[Saved entries]

╔══

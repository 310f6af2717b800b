//! Macro calls, derives and attributes: what each expands to, and rounds in which they are tried.
ghost use Rattle.std.specs.Prelude.{◌≡◌, ◌<◌, ◌≤◌, ℕ, cond, true, false, IfOk, None, OnOk, Some, length, slice_get};
ghost use Rattle.hir_mod_collector.specs.HirTables.Tables.{KeepsTables};
ghost use Rattle.hir_mod_collector.specs.HirDefMapRules.State.{IsInOrder};
ghost use Rattle.hir_mod_collector.specs.HirNameres.WorldParts.{part_of};
ghost use Rattle.hir_mod_collector.specs.HirImportRules.Rest.{IsAtRest, IsSound};
ghost use Rattle.hir_mod_collector.specs.HirImportGrowth.Growth.{GlobsLast};
ghost use Rattle.hir_import_resolution.specs.Rounds.{IsResumable, is_apart as are_apart, is_lasting};
ghost use Rattle.hir_mod_collector.specs.HirImportRules.declared.directive.ImportDirective.{ImportDirective};
ghost use Rattle.hir_worklist.specs.Queue.{count_of};
ghost use Rattle.hir_mod_collector.specs.HirImportRules.Changed.{ChangedValue, joined};
ghost use Rattle.hir_call_queue.specs.Waking.{GoesOn, is_apart, worklist_of};
ghost use Rattle.hir_mod_collector.specs.HirCollectorRules.CallMoves.{ComesToRest, IsReady, NoneWaitsBefore, TriesCall, TriesCalls};
ghost use Rattle.hir_macro_calls.specs.Due.{IsDueOf};
ghost use Rattle.hir_macro_rounds.specs.Turns.{CountsOn, StaysBehind, TakesTurn};
ghost use Rattle.hir_mod_collector.specs.HirCollectorRules.Calls.{AreCallsPlaced, call_site, waiting_item};
ghost use Rattle.hir_mod_collector.specs.HirCollectorRules.declared.macro_directive.MacroDirective.{MacroDirective};
ghost use Rattle.hir_mod_collector.specs.HirCollectorRules.Derivation.{IsSpent};
ghost use Rattle.hir_mod_collector.specs.HirCollectorRules.Keys.{Environment, IsMeant, environment};
ghost use Rattle.hir_mod_collector.specs.HirCollectorRules.Moves.{OnceGrown};
ghost use Rattle.hir_mod_collector.specs.HirCollectorRules.UnknownSources.{LeadsToUnknownSource, ReachesUnknownSource};
ghost use Rattle.hir_mod_collector.specs.HirCollectorRules.State.{Run, at_rest, core_in, counted, import_state, with_eager};
ghost use Rattle.hir_mod_collector.specs.HirCollectorRules.Steps.{CallsMacro, IsDue, Steps};
ghost use Rattle.hir_mod_collector.specs.HirCollectorImports.Waiting.{IsBehind, IsBetweenPasses, IsGathered, IsStale, IsUpToDate, KeepsApart, LiesApart};
ghost use Rattle.hir_mod_collector.specs.HirCollectorState.Waiting.{IsNoted, IsNotedBeside, NotesSlots};

use crate::resume::{give_up, skip};
use either::Either;
use hir_base::macro_kind::MacroId;
use hir_call_expansion::expansion::{
    CallLook, Expansion, call_site, is_meant, look_at_call, report_failed,
};
use hir_call_queue::{CallQueue, Changed};
use hir_collector_derives::derives::{
    bring_helpers, builtin_impl, derive_builtin, drop_call, drop_reached,
};
use hir_import_resolution::ImportQueue;
use hir_macro_calls::due::{Due, due_of};
use hir_macro_calls::queue::{requeue, wake, watch};
use hir_mod_collector::hir_collector_imports::settling;
use hir_mod_collector::hir_collector_rules::inner_paths::InnerPaths;
use hir_mod_collector::hir_collector_rules::macro_directive::{EagerMacro, Fate, MacroDirective};
use hir_mod_collector::hir_collector_rules::source_database::SourceDatabase;
use hir_mod_collector::hir_collector_rules::start::{CollectError, STEP_LIMIT, StepError};
use hir_mod_collector::hir_collector_state::def_collector::DefCollector;
use hir_mod_collector::hir_nameres::world::part::WorldPart;
use hir_mod_collector::mod_collector::walk_all;
use hir_tables::Tables;

/// How many rounds may make progress. One more ends a run.
pub const ROUND_LIMIT: u32 = 8192;

/// Has what waits at the place wait on: the macro that it reaches asks for these paths first, and one of them reaches nothing.
fn wait_for_paths(
    run: &mut DefCollector,
    i: usize,
    makro: MacroId,
    inner: InnerPaths,
) -> Result<(), StepError>
    ensures ok { OnOk result (core_in run.new ≡ counted (with_eager (core_in run.old) i (record { makro = makro; inner = inner }))) }
    ensures noted { OnOk result (IsNoted run.old run.new) }
    ensures many { result ≡ Err StepError.TooMany → STEP_LIMIT ≤ (core_in run.old).count }
{
    run.meet_eager(i, EagerMacro { makro, inner })?;
    run.tick()?;
    Ok(())
}

/// Expands what waits at the place, which reaches a macro whose source has a number: notes the call in its module, and handles
/// the items of its expansion, with all that is in them. Where the macro asks for a path first that reaches nothing, notes
/// the paths that it asks for. Whether it expanded.
fn expand_known<D: SourceDatabase>(
    run: &mut DefCollector,
    db: &mut D,
    world: WorldPart<'_>,
    locations: &mut Tables,
    i: usize,
    call: &MacroDirective,
    makro: MacroId,
) -> Result<bool, CollectError>
    requires ready { IsReady locations.old (part_of world) (core_in run.old) }
    requires called { CallsMacro (part_of world) (at_rest (core_in run.old)) i call.now makro }
    requires shallow { call.now.site.level < (core_in run.old).map.crate_data.recursion_limit }
    requires below { call.now.site.level < 4294967295 }
    requires known { IsMeant locations.old makro }
    ensures kept { KeepsTables locations.old locations.new }
    ensures same { D.workspace db.new ≡ D.workspace db.old }
    ensures placed { AreCallsPlaced locations.old → AreCallsPlaced locations.new }
    ensures ok { OnOk result (OnceGrown locations.new (D.workspace db.old) (λ env. Steps env (part_of world.entry) (at_rest (core_in run.old)) (at_rest (core_in run.new)))) }
    ensures noted { OnOk result (IsNotedBeside (part_of world.entry) run.old run.new) }
    ensures tried { IfOk result (λ done. TriesCall (part_of world.entry) (core_in run.old) (core_in run.new) i done) }
    ensures many { result ≡ Err CollectError.TooMany → OnceGrown locations.new (D.workspace db.old) (λ env. IsSpent env (part_of world.entry) (at_rest (core_in run.old))) }
    ensures unknown { result ≡ Err CollectError.UnknownSource → ReachesUnknownSource locations.new (part_of world.entry) (at_rest (core_in run.old)) }
{
    let look = look_at_call(run, db, world, locations, call, makro)?;
    let expansion = match look {
        CallLook::Expands(expansion) => expansion,
        CallLook::Waits(inner) => {
            wait_for_paths(run, i, makro, inner)?;
            return Ok(false);
        }
    };
    let Expansion { id, error, source } = expansion;
    let site = call_site(call, id)?;
    run.end_call(i, Fate::Handled);
    run.note_call(call, id)?;
    bring_helpers(run, world, call, makro, Some(Either::Left(id)))?;
    report_failed(run, call, error)?;
    run.tick()?;
    let ids = source.tree().top_level_items();
    walk_all(run, db, world, locations, &source, &site, ids)?;
    Ok(true)
}

/// Expands what waits at the place, which reaches a macro, unless a source that writes the macro has no number, or one of
/// those that it asks for first. Whether it expanded.
fn expand<D: SourceDatabase>(
    run: &mut DefCollector,
    db: &mut D,
    world: WorldPart<'_>,
    locations: &mut Tables,
    i: usize,
    call: &MacroDirective,
    makro: MacroId,
) -> Result<bool, CollectError>
    requires ready { IsReady locations.old (part_of world) (core_in run.old) }
    requires called { CallsMacro (part_of world) (at_rest (core_in run.old)) i call.now makro }
    requires shallow { call.now.site.level < (core_in run.old).map.crate_data.recursion_limit }
    requires below { call.now.site.level < 4294967295 }
    ensures kept { KeepsTables locations.old locations.new }
    ensures same { D.workspace db.new ≡ D.workspace db.old }
    ensures placed { AreCallsPlaced locations.old → AreCallsPlaced locations.new }
    ensures ok { OnOk result (OnceGrown locations.new (D.workspace db.old) (λ env. Steps env (part_of world.entry) (at_rest (core_in run.old)) (at_rest (core_in run.new)))) }
    ensures noted { OnOk result (IsNotedBeside (part_of world.entry) run.old run.new) }
    ensures tried { IfOk result (λ done. TriesCall (part_of world.entry) (core_in run.old) (core_in run.new) i done) }
    ensures many { result ≡ Err CollectError.TooMany → OnceGrown locations.new (D.workspace db.old) (λ env. IsSpent env (part_of world.entry) (at_rest (core_in run.old))) }
    ensures unknown { result ≡ Err CollectError.UnknownSource → ReachesUnknownSource locations.new (part_of world.entry) (at_rest (core_in run.old)) }
{
    if !is_meant(locations, makro) {
        return Err(CollectError::UnknownSource);
    }
    expand_known(run, db, world, locations, i, call, makro)
}

/// Does what is to be done about what waits at the place.
fn do_due<D: SourceDatabase>(
    run: &mut DefCollector,
    db: &mut D,
    world: WorldPart<'_>,
    locations: &mut Tables,
    i: usize,
    call: &MacroDirective,
    due: Due,
) -> Result<bool, CollectError>
    requires ready { IsReady locations.old (part_of world) (core_in run.old) }
    requires waits { IsDue (at_rest (core_in run.old)) i call.now }
    requires due { IsDueOf (part_of world) (core_in run.old) i call.now due }
    requires below { (makro : MacroId) → due ≡ Due.Reaches makro → call.now.site.level < 4294967295 }
    ensures kept { KeepsTables locations.old locations.new }
    ensures same { D.workspace db.new ≡ D.workspace db.old }
    ensures placed { AreCallsPlaced locations.old → AreCallsPlaced locations.new }
    ensures ok { OnOk result (OnceGrown locations.new (D.workspace db.old) (λ env. Steps env (part_of world.entry) (at_rest (core_in run.old)) (at_rest (core_in run.new)))) }
    ensures tried { IfOk result (λ done. TriesCall (part_of world.entry) (core_in run.old) (core_in run.new) i done) }
    ensures noted { OnOk result (IsNotedBeside (part_of world.entry) run.old run.new) }
    ensures many { result ≡ Err CollectError.TooMany → OnceGrown locations.new (D.workspace db.old) (λ env. IsSpent env (part_of world.entry) (at_rest (core_in run.old))) }
    ensures unknown { result ≡ Err CollectError.UnknownSource → LeadsToUnknownSource (environment locations.new (D.workspace db.old)) (part_of world.entry) (at_rest (core_in run.old)) }
{
    match due {
        Due::Nothing => return Ok(false),
        Due::TooDeep => drop_call(run, i)?,
        Due::Skips => {
            let Some(item) = call.waiting_item() else {
                return Ok(false);
            };
            skip(run, db, world, locations, i, call, item)?;
        }
        Due::Derives(makro) => {
            let Some(imp) = builtin_impl(call, makro) else {
                return Ok(false);
            };
            derive_builtin(run, world, i, call, makro, imp)?;
        }
        Due::Drops(makro) => drop_reached(run, world, i, call, makro)?,
        Due::Reaches(makro) => return expand(run, db, world, locations, i, call, makro),
    }
    Ok(true)
}

/// Tries what waits at the place, if something does: whether it was handled.
fn try_call<D: SourceDatabase>(
    run: &mut DefCollector,
    db: &mut D,
    world: WorldPart<'_>,
    locations: &mut Tables,
    i: usize,
) -> Result<bool, CollectError>
    requires ready { IsReady locations.old (part_of world) (core_in run.old) }
    requires settled { i < (core_in run.old).settled }
    ensures kept { KeepsTables locations.old locations.new }
    ensures same { D.workspace db.new ≡ D.workspace db.old }
    ensures placed { AreCallsPlaced locations.old → AreCallsPlaced locations.new }
    ensures ok { OnOk result (OnceGrown locations.new (D.workspace db.old) (λ env. Steps env (part_of world.entry) (at_rest (core_in run.old)) (at_rest (core_in run.new)))) }
    ensures noted { OnOk result (IsNotedBeside (part_of world.entry) run.old run.new) }
    ensures tried { IfOk result (λ done. TriesCall (part_of world.entry) (core_in run.old) (core_in run.new) i done) }
    ensures many { result ≡ Err CollectError.TooMany → OnceGrown locations.new (D.workspace db.old) (λ env. IsSpent env (part_of world.entry) (at_rest (core_in run.old))) }
    ensures unknown { result ≡ Err CollectError.UnknownSource → LeadsToUnknownSource (environment locations.new (D.workspace db.old)) (part_of world.entry) (at_rest (core_in run.old)) }
{
    let Some(call) = run.waiting(i) else {
        return Ok(false);
    };
    let due = due_of(run, world, i, call);
    if let Due::Nothing = due {
        return Ok(false);
    }
    let call = call.clone()?;
    do_due(run, db, world, locations, i, &call, due)
}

╚══

> **WORK TO BE COMPLETED**
Extract from the records above the lines from the one containing "id, error, source" to the one containing "first. Whether it expanded.", both lines included, exactly as they appear and with nothing else.

> **ANSWER SECTION**
    let Expansion { id, error, source } = expansion;
    let site = call_site(call, id)?;
    run.end_call(i, Fate::Handled);
    run.note_call(call, id)?;
    bring_helpers(run, world, call, makro, Some(Either::Left(id)))?;
    report_failed(run, call, error)?;
    run.tick()?;
    let ids = source.tree().top_level_items();
    walk_all(run, db, world, locations, &source, &site, ids)?;
    Ok(true)
}

/// Expands what waits at the place, which reaches a macro, unless a source that writes the macro has no number, or one of
/// those that it asks for first. Whether it expanded.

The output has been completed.